In an era where image combined with the fitting use of social media garners immense likeability and public approval, it should come as no surprise that politicians are using this recipe to grow and strengthen their political careers.
Personal interaction through social media by politicians can be seen as them wanting to have a more realistic and accessible relationship with citizens, however difficult this may be to manage in its entirety.
One can also say a reader’s engagement with news media, especially digital has evolved over the years. In my opinion, our attention span has somewhat decreased: click bait headlines and thought provoking optics earn more popularity these days and set the tone for things to become viral, in turn making the subject area under scrutiny worthy of dialogue. While as readers I somehow feel we have to search long and hard for the stories behind the stories, this somehow doesn’t stop us from “discovering” favourites, however surface level our reasoning may be.
According to market research organisation Ipsos Mori, social media has more of an influence on 18-24 year olds. On another hand, a Youth & Participatory Politics study shows that 41% of young people between ages 15 and 25 had participated in some kind of political discussion online. The fostering of direct communication channels by politicians in turn, allows individuals to shape their own opinions and form their own bonds.
Having successfully combined this with striking image management, it is not difficult to understand why former Jamaican government minister and Member of Parliament Lisa Hanna has over 174,000 followers on her Instagram page.
I, like many Caribbean nationals, have a fond fascination for the former beauty queen turned politician. I haven’t quite analyzed this fondness in its entirety, but, to me, Lisa appears accessible and relatable (minus the Salvatore Ferragamo belt and flashy interior backdrops of her Jamaican home).

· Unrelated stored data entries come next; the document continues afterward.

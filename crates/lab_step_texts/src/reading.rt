//! Texts of callers whose orders of steps are asked for, read.
ghost use Rattle.std.specs.Prelude.{◌≡◌, IfErr, IfOk, None, false, string_bytes, true};
ghost use Rattle.std.specs.Str.Lines.{lines};
ghost use Rattle.lab_kinds.specs.Kinds.{kind_of};
ghost use Rattle.lab_step_texts.specs.Crews.{IsReadAs, IsReadOf, IsRefused, IsStopped, IsUnplain};
ghost use Rattle.lab_step_texts.specs.Kinds.{asks_steps, is_of_callers};
ghost use Rattle.lab_step_texts.specs.Questions.{AreAsked, IsUnasked, are_there};

use crate::crews::crew_of;
use crate::extras::{Extras, extras_of, lines_of};
use crate::faults::StepsFault;
use crate::questions::questions_in;
use evl_base::Board;
use evl_scenario::Fault;
use lab_callers_text::{CallersText, read_callers};
use lab_kinds::{TextKind, kind_of};
use lab_scenario_orders::{Split, split_text};
use lab_step_orders::{Crew, StepWatch};
use std::alloc::{AllocError, Global};

// Whether the steps of a text are those of callers.
fn is_of_callers(alloc: Global, scenario: &[u8]) -> Result<bool, AllocError>
    ensures { IfOk result (λ is. is ≡ is_of_callers (kind_of scenario.now)) }
{
    match kind_of(alloc, scenario)? {
        TextKind::Callers => Ok(true),
        TextKind::Scenario | TextKind::Orders | TextKind::Bank => Ok(false),
    }
}

/// Whether a text is one of callers, but for what is set up and what is asked. `AllocError` where memory couldn't grow.
#[tactic(auto, unfolding(crate::specs::Kinds::asks_steps))]
pub fn asks_steps(alloc: Global, bytes: &[u8]) -> Result<bool, AllocError>
    ensures { IfOk result (λ asks. asks ≡ asks_steps bytes.now) }
{
    let Ok(text) = str::from_utf8(bytes) else {
        return Ok(false);
    };
    let extras = extras_of(alloc, text)?;
    let split = split_text(alloc, extras.plain.as_str())?;
    is_of_callers(alloc, split.scenario.as_str().as_bytes())
}

// The questions of a text about moments, on this board.
fn questions_of(alloc: Global, board: &Board, text: &str) -> Result<Vec<StepWatch>, StepsFault>
    ensures asked { IfOk result (λ all. AreAsked false (lines text.now) all.items) }
    ensures there { IfOk result (λ all. are_there board.now all.items ≡ true) }
    ensures refused { IfErr result (IsUnasked board.now (lines text.now)) }
{
    let Ok(all) = lines_of(alloc, text) else {
        return Err(StepsFault::Text(Fault::Memory));
    };
    questions_in(alloc, board, all.as_slice())
}

// The callers of a text that was split.
fn read_split(alloc: Global, extras: &Extras, split: &Split, text: &str) -> Result<Crew, StepsFault>
    ensures crew { IfOk result (IsReadOf extras.now (string_bytes split.now.scenario) split.now.setup) }
    ensures asked { IfOk result (λ crew. AreAsked false (lines text.now) crew.watches.items) }
    ensures there { IfOk result (λ crew. are_there crew.board crew.watches.items ≡ true) }
    ensures kept { IfErr result (IsStopped (lines text.now) (string_bytes split.now.scenario) split.now.setup) }
{
    let read = match read_callers(alloc, split.scenario.as_str().as_bytes(), None) {
        Ok(read) => read,
        Err(fault) => return Err(StepsFault::Text(fault)),
    };
    let watches = match questions_of(alloc, &read.board, text) {
        Ok(watches) => watches,
        Err(fault) => return Err(fault),
    };
    let steps = read.steps.as_slice();
    let count = split.setup.min(steps.len());
    crew_of(alloc, read, count, extras, watches)
}

// Whether the lines of a text of steps alone ask for what there is.
fn check_extras(extras: &Extras) -> Result<(), StepsFault>
    ensures strange { IfOk result (λ checked. extras.now.strange ≡ None) }
    ensures stray { IfOk result (λ checked. extras.now.stray ≡ None) }
    ensures refused { IfErr result (IsUnplain extras.now) }
{
    match extras.strange {
        Some(line) => return Err(StepsFault::WhatIf(line)),
        None => {}
    }
    match extras.stray {
        Some(line) => Err(StepsFault::Lasts(line)),
        None => Ok(()),
    }
}

/// The callers of a text, with their calls on words: a text of callers, in which `[[setup]]` means a step that comes
/// first, `lasts` in a step says how it comes by the core, and a table `[what_if]` names a wrong step.
pub fn read_steps(alloc: Global, bytes: &[u8]) -> Result<Crew, StepsFault>
    ensures crew { IfOk result (IsReadAs bytes.now) }
    ensures refused { IfErr result (IsRefused bytes.now) }
{
    let Ok(text) = str::from_utf8(bytes) else {
        return Err(StepsFault::Text(Fault::Text));
    };
    let Ok(extras) = extras_of(alloc, text) else {
        return Err(StepsFault::Text(Fault::Memory));
    };
    match check_extras(&extras) {
        Ok(()) => {}
        Err(fault) => return Err(fault),
    }
    let Ok(split) = split_text(alloc, extras.plain.as_str()) else {
        return Err(StepsFault::Text(Fault::Memory));
    };
    if split.is_mixed {
        return Err(StepsFault::Mixed);
    }
    read_split(alloc, &extras, &split, text)
}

Whether it is through quoting incarcerated controversial dancehall singer Vybz Kartel’s school lyrics, incorporating Jamaican patois in her captions, bragging about her economic stance on fashion by supporting her local seamstress and raw material stores or candidly walking barefoot for an Instagram post, Lisa has visually removed herself from the political pedestal, something many of her peers refuse to do. While she earns the trust of those who would be considered to be following trends of people who don’t reside in the uptown demographic, her feed also portrays a shy-girl, opulent lifestyle; enough to keep people wanting more and fulfilling a desirable lifestyle envy. It’s a double-sided strategy that would often be labelled as “goals” by millennials
However good natured her social media management is, it is clear that she understands how to stimulate interest, whether from those in high echelons or among the lower class. She draws desires and curiosities. While social media is an excellent tool for dispersing information, opinions and personal interests, I haven’t followed Lisa beyond the gram. I also know this is the case for many people. Which goes to show that though my actions may be shallow, optics and the appropriate use of social media are critical for a politician’s success.

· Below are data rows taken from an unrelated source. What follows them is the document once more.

//! Callers on two host threads of one machine.
use super::acts::Act::{Enter, Lock, UnlockFast};
use super::acts::{Act, Ask, DONE, PASSED, Told};
use super::boards::{ATTACH, ATTACHED, FIRST, LINE, ONCE_FREE, PEEK, SEM, WIDE};
use super::closing::End;
use super::thread_rows::{ThreadRow, is_row_over, is_thread_row};
use super::threads::{Task, Turn};
use evl_base::{ActionKinds, Policy, Stage};
use evl_pipeline::{Action, Answer, Callback, Fire, Plan};

// A row: the steps before, both tasks with each one's number of answers, the steps after, and the kernel at last.
macro_rules! thread_row {
    ($before:expr; $one:expr, $other:expr => $told:expr; $after:expr; $end:expr) => {
        ThreadRow { before: $before, tasks: ($one, $other), told: $told, after: $after, end: $end }
    };
}

const ATTACH_INBAND: Act = Act::Call(Ask::Attach(Policy::Fifo(10), Stage::Inband));

// Row machine_3: each of two host threads gets the semaphore that the other one puts.
const EXCHANGE: ThreadRow<'_> = thread_row![
    &ATTACHED;
    Task::Turns(1, Turn::GetsThenPuts), Task::Turns(1, Turn::PutsThenGets) => (1, 1);
    &[]; End::Unasked
];

#[test]
fn machine_3(rt: HostRuntime) {
    assert!(rt; is_thread_row(&rt, rt.alloc(), 100, &EXCHANGE));
}

// Row machine_4: the first caller has the kernel for one put on a host thread, until the second one's five tries on
// another are answered, of which no call is entered, and both are answered as is wanted once the core is free.
const HELD: ThreadRow<'_> = thread_row![
    &ATTACHED;
    Task::HoldsAPut, Task::Beside(Turn::TriesAll) => (2, 2);
    &ONCE_FREE; End::Calls(6, (1, 1))
];

#[test]
fn machine_4(rt: HostRuntime) {
    assert!(rt; is_thread_row(&rt, rt.alloc(), 100, &HELD));
}

// Row racing_callers_4: the last of the calls is that for the count.
const BOTH_PUT: ThreadRow<'_> = thread_row![
    &ATTACHED;
    Task::Turns(500, Turn::Puts), Task::Turns(500, Turn::Puts) => (500, 500);
    &[(0, PEEK, Told::Count(1000))]; End::Calls(1001, (500, 500))
];

#[test]
fn racing_callers_4(rt: HostRuntime) {
    assert!(rt; is_thread_row(&rt, rt.alloc(), 2000, &BOTH_PUT));
}

// Row racing_callers_5: two host threads of both stages go through a stax, and leave it free.
const BOTH_ENTER: ThreadRow<'_> = thread_row![
    &[(0, ATTACH_INBAND, DONE), (1, ATTACH, DONE)];
    Task::Turns(500, Turn::Enters), Task::Turns(500, Turn::Enters) => (500, 500);
    &[(0, Enter(WIDE), PASSED)]; End::Unasked
];

#[test]
fn racing_callers_5(rt: HostRuntime) {
    assert!(rt; is_thread_row(&rt, rt.alloc(), 100, &BOTH_ENTER));
}

// Row racing_callers_6: two host threads lock the mutex and unlock it so often, and leave it free.
const BOTH_LOCK: ThreadRow<'_> = thread_row![
    &ATTACHED;
    Task::Turns(200, Turn::Locks), Task::Turns(200, Turn::Locks) => (200, 200);
    &[(0, Lock(FIRST), PASSED), (0, UnlockFast(FIRST), DONE)]; End::Unasked
];

#[test]
fn racing_callers_6(rt: HostRuntime) {
    assert!(rt; is_thread_row(&rt, rt.alloc(), 10_000, &BOTH_LOCK));
}

// Row racing_callers_7: the first caller locks the mutex on one host thread, and unlocks it on another.
const MOVED: ThreadRow<'_> = thread_row![
    &[(0, ATTACH, DONE), (1, ATTACH, DONE), (0, Lock(FIRST), PASSED)];
    Task::Turns(1, Turn::Unlocks), Task::Turns(0, Turn::Puts) => (1, 0);
    &[]; End::Unasked
];

#[test]
fn racing_callers_7(rt: HostRuntime) {
    assert!(rt; is_thread_row(&rt, rt.alloc(), 100, &MOVED));
}

// Two host threads are in one stax, the first with a mutex, when their callers meet.
const MEET: ThreadRow<'_> = thread_row![
    &[(0, ATTACH, DONE), (1, ATTACH, DONE), (0, Lock(FIRST), PASSED)];
    Task::Turns(1, Turn::Stays), Task::Turns(1, Turn::StaysBeside) => (1, 1);
    &[]; End::Unasked
];

#[test]
fn callers_meet(rt: HostRuntime) {
    assert!(rt; is_thread_row(&rt, rt.alloc(), 100, &MEET));
}

// The bank's one callback is on a line, on which events arrive from two host threads: whichever has the kernel
// calls the stored closure.
const BOTH_ARRIVE: ThreadRow<'_> = thread_row![
    &[(0, Act::Call(Ask::Request(LINE, Stage::Oob)), DONE)];
    Task::Turns(100, Turn::Arrives), Task::Turns(100, Turn::Arrives) => (100, 100);
    &[(0, PEEK, Told::Count(200))]; End::Plays(200)
];

#[test]
fn any_thread_calls_the_stored_closure(rt: HostRuntime) {
    let alloc = rt.alloc();
    let run = Box::new(alloc, |_: Fire| Answer::one(Action::PostSem(SEM))).expect(&rt, "box");
    let posts = Callback::new(
        ActionKinds::POST_SEM,
        &Plan::one(1, 1, Action::PostSem(SEM)),
        run,
    );
    let bank = Vec::from_array(alloc, [posts]).expect(&rt, "bank");
    assert!(rt; is_row_over(&rt, alloc, bank, 2000, &BOTH_ARRIVE));
}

There is also the dark reality of falling head over heels and viewing politicians as demigods. Valid counter arguments against their policies become difficult to voice because of fear of a backlash from their following.
It is key to analyse why we admire people so much and be honest about it and still remember to uphold our integrity by questioning their politics constantly to ensure the greater good of things – despite how glossy and remarkable their online profiles are.
While Lisa and former Trinidad and Tobago prime minister Kamla Persad-Bissessar will go down in history, for me, as two of the most well-managed, socially-approachable politicians in the Caribbean, we must never forget that integrity should be valued over optics when it comes to the progression of any society.
Many aware of my fascination with Lisa have informed me that it was rumoured that she was scheduled for a trip to Guyana.
If you are here Lisa, welcome to my beautiful country. Please take back some ‘Made in Guyana’ fashion.